In uns steckt kein Hemingway; in Hemingway auch nicht.

In uns steckt kein Hemingway; in Hemingway auch nicht.

10.09.2014
, Gudrun Geist

Adam und Ben Long schreiben. Sie schreiben oft, viel und für Geld. Als Texter und Marketer arbeiten sie täglich an und mit Worten und hatten eines Tages die Erkenntnis, dass Text oftmals zu kompliziert sei. Um Abhilfe zu schaffen, entwickelten sie eine App: Hemingway. Sinn oder Unsinn?

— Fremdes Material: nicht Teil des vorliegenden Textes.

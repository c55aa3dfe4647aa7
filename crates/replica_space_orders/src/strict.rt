//! The strict operations of a run, in the order of its events.

ghost use Rattle.std.specs.Prelude.{◌≡◌, ◌++◌, IfOk, OnOk};
ghost use Rattle.replica_space_orders.specs.code.Strict.{strict_names_of, strict_names};

use replica_space::{Deed, Events};
use std::alloc::{AllocError as OutOfMemory, Global};
use upc_values::{Action, Listing, Op, Order, Reply};

// Adds the names of the strict operations of a thread's action with its reply.
fn push_strict(
    thread: u32,
    index: u32,
    action: &Action,
    reply: &Reply,
    names: &mut Vec<Op>,
) -> Result<(), OutOfMemory>
    ensures { OnOk result (names.new.items ≡ names.old.items ++ strict_names_of thread index action.now reply.now) }
{
    let write = Op {
        thread,
        index,
        write: true,
    };
    let read = Op {
        thread,
        index,
        write: false,
    };
    match (action, reply) {
        (_, Reply::Refused(_)) => {}
        (Action::Read { strict: true, .. }, Reply::Value(_))
        | (Action::Wait(_) | Action::Lock(_), _)
        | (Action::Attempt(_), Reply::Flag(true)) => {
            names.push(read)?;
        }
        (Action::Write { strict: true, .. }, _) | (Action::Notify(_) | Action::Unlock(_), _) => {
            names.push(write)?;
        }
        (Action::Fence, _) => {
            names.push(write)?;
            names.push(read)?;
        }
        _ => {}
    }
    Ok(())
}

/// The strict list of these events, by names.
pub fn strict_order(alloc: Global, events: &Events) -> Result<Order, OutOfMemory>
    ensures { IfOk result (λ order. order ≡ strict_names events.now) }
{
    let mut names = Vec::new(alloc);
    for event in events.iter() {
        if let Deed::Did {
            index,
            action,
            reply,
        } = &event.deed
        {
            push_strict(event.by, *index, action, reply, &mut names)?;
        }
    }
    Ok(Listing::from_vec(names))
}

Hemingway gibt es als kostenfreie Online-Version und als Desktop-App mit Offline-Funktionalität um $5.99. Das Programm überprüft den eingegebenen Text auf verschiedene Parameter und liefert in Echtzeit ein Resultat über die vermeintliche Lesbarkeit des Textes. Zu den relevanten Faktoren zählen die Häufigkeit von Adjektiven, die Länge eines Satzes, die Komplexität der Wörter und die aktive oder passive Verwendung von Verben. Eines vorab: die App durchforstet nur englische Texte. Ihre deutschen Pendants sind quasi unsichtbar - und damit auch ein nicht unbedeutender Teil unserer hauseigenen Produktionen.

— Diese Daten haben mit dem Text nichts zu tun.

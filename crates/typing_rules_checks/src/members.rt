//! Members by their names.

ghost use Rattle.std.specs.Prelude.{◌≡◌, ℕ};
ghost use Rattle.upc_types.specs.View.{view};
ghost use Rattle.upc_types.specs.ViewStructs.{view_structs};
ghost use Rattle.typing_rules.specs.layer.Views.{view_target};
ghost use Rattle.typing_rules.specs.Nodes as node;
ghost use Rattle.typing_rules.specs.Nodes.{view_attr};
ghost use Rattle.typing_rules.specs.Rules as rules;
ghost use Rattle.typing_rules.specs.Rules.{lowest};

use typing_rules::Attr;
use typing_rules::types::{gives_void, target_of};
use upc_types::{Base, CType, Structs};

fn names_member(structs: &Structs, t: &CType, name: &[u8]) -> bool
    ensures { result ≡ rules.names_member (view_structs structs.now) (view t.now) name.now }
{
    match &t.base {
        Base::Struct(number) => structs.member_named(*number, name).is_some(),
        _ => false,
    }
}

fn target_names(structs: &Structs, target: Option<&CType>, name: &[u8]) -> bool
    ensures { result ≡ rules.target_names (view_structs structs.now) (view_target target.entry) name.now }
{
    match target {
        Some(t) => names_member(structs, t, name),
        None => false,
    }
}

/// `a.name`.
pub fn member_of(structs: &Structs, a: &Attr, name: &[u8]) -> Option<u8>
    ensures { (threads : ℕ) → result
        ≡ lowest (record { structs = view_structs structs.now; threads = threads })
        (node.MemberOf (view_attr a.now) name.now) }
{
    if gives_void(a) {
        Some(14)
    } else if !names_member(structs, &a.ctype, name) {
        Some(19)
    } else {
        None
    }
}

/// `a->name`.
pub fn member_behind(structs: &Structs, a: &Attr, name: &[u8]) -> Option<u8>
    ensures { (threads : ℕ) → result
        ≡ lowest (record { structs = view_structs structs.now; threads = threads })
        (node.MemberBehind (view_attr a.now) name.now) }
{
    if gives_void(a) {
        Some(14)
    } else if !target_names(structs, target_of(a), name) {
        Some(19)
    } else {
        None
    }
}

Der Name legt es nahe; darum reihen auch wir uns in die lange Liste der Besserwisser ein, die testen wollen, ob denn wenigstens Hemingway - der Ernest - im empfohlenen Stil von Hemingway - der App - schreibt. Wenig überraschendes Urteil: tut er nicht. Längere Überprüfungen lassen sich etwa beim New Yorker oder in diversen Foren nachvollziehen - unser Fazit in aller Kürze: wieso sollte er auch? Wieso sollte überhaupt jemand auf Adjektive, anspruchsvolle Satzgefüge und komplexe oder passiv formulierte Konstrukte verzichten? Einfacher ist nicht immer schöner - und schon gar nicht universell anwendbar. Verschiedene Sprachstile und Textgattungen, Branchen und Anwendungsfälle erfordern einen unterschiedlichen Umgang mit dem geschriebenen Wort. Notwendig, aufwändig - und gut so.

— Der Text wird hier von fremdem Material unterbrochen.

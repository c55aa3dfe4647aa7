//! The place of a stamp among others.

ghost use Rattle.replica_space_orders.specs.layer.Finding.{Ascend, IsFirstLater};

use replica_space::Stamp;

/// The number of the first of these stamps, which ascend, that is later than the given one; found by halving.
pub fn first_later(stamps: &[Stamp], stamp: &Stamp) -> usize
    requires { Ascend stamps.now }
    ensures { IsFirstLater stamps.now stamp.now result }
{
    stamps.partition_point(|one| !one.is_later(stamp))
}
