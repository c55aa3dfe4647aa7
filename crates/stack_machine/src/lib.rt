//! The machine that runs code reply by reply.
#![tactic(auto)]

mod accesses;
mod call_work;
mod calls;
mod collective_calls;
mod going;
mod jumps;
mod laws;
mod library;
mod machine;
mod memory_calls;
mod object_arms;
mod objects;
mod open_calls;
mod progress;
mod receiving;
mod runner;
mod runs;
mod steps;
mod threads;
mod value_arms;
mod value_work;
mod walking;
mod wish;

pub use laws::{
    calls_are_entered, calls_go_by_replies, instructions_go_on, machines_go_by_replies,
};
pub use machine::Machine;
pub use wish::Wish;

Die Hemingway-App ist ein nettes Spielzeug für Menschen, die tatsächlich dazu tendieren, sich in mehrzeiligen Satzgefügen zu verlieren und in allzu komplexe Formulierungen zu verstricken, deren Sinn nicht nur nicht rezipierbar ist, sondern tatsächlich in den Worten verloren geht. Wer aber ohnehin den ein oder anderen geraden Satz konstruieren kann und seine Worte bewusst für einen bestimmten Zweck, eine Zielgruppe oder einen Einsatzbereich wählt, wird in der App nicht mehr sehen als eine kurzlebige Spielerei, die rechtzeitig zum automatisierten Journalismus publik wird.

Und da haben wir auch schon eine Idee für unseren nächsten Test: hält automatisierter Journalismus der automatisierten Überprüfung durch Hemingway stand?